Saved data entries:

/// These rows, each behind these bytes and before those.
fn give(
    rt: &impl Abort,
    alloc: Global,
    front: &[u8],
    rows: &[Row],
    back: &[u8],
) -> Result<(), Fail> {
    for (text, expected) in rows {
        let mut whole = Vec::from_slice(alloc, front)?;
        whole.extend_from_slice(text)?;
        whole.extend_from_slice(back)?;
        assert!(rt; whole.len() < 2000);
        let shown = shown(alloc, whole.as_slice())?;
        assert_eq!(rt; shown.as_str(), *expected, "at {text:?}");
    }
    Ok(())
}

#[test]
fn programs_are_read_or_refused_at_the_first_token_that_does_not_fit(
    rt: HostRuntime,
) -> Result<(), Fail> {
    let alloc = rt.alloc();
    give(&rt, alloc, b"", &PROGRAMS, b"")?;
    give(&rt, alloc, b"", &REFUSED, b"")?;
    give(&rt, alloc, b"program x\n", &MISFITS, b"\nend\n")
}

/// What is opened over and over, what stands inside, and what closes it.
type Levels = (&'static [u8], &'static [u8], &'static [u8]);

const PARENTHESES: Levels = (b"(&\n", b"1&\n", b")&\n");

const BRACKETS: Levels = (b"a[&\n", b"1&\n", b"]&\n");

const SUBSCRIPTS: Levels = (b"a(&\n", b"1&\n", b")&\n");

const ARGUMENTS: Levels = (b"mod(1,&\n", b"1&\n", b")&\n");

const IFS: Levels = (b"if (a) then\n", b"", b"end if\n");

const ELSE_IFS: Levels = (b"else if (a) then\n", b"", b"");

const LOOPS: Levels = (b"do i = 1, 2\n", b"", b"end do\n");

const WHILES: Levels = (b"do while (a)\n", b"", b"enddo\n");

const FINISHES: Levels = (b"finish\n", b"", b"endfinish\n");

YOUR TASK ::
Could you restate word for word the lines above, from the one that contains "what closes it." through the one that contains "const SUBSCRIPTS: Levels", and no others?

ANSWER FOR THE TASK ::
/// What is opened over and over, what stands inside, and what closes it.
type Levels = (&'static [u8], &'static [u8], &'static [u8]);

const PARENTHESES: Levels = (b"(&\n", b"1&\n", b")&\n");

const BRACKETS: Levels = (b"a[&\n", b"1&\n", b"]&\n");

const SUBSCRIPTS: Levels = (b"a(&\n", b"1&\n", b")&\n");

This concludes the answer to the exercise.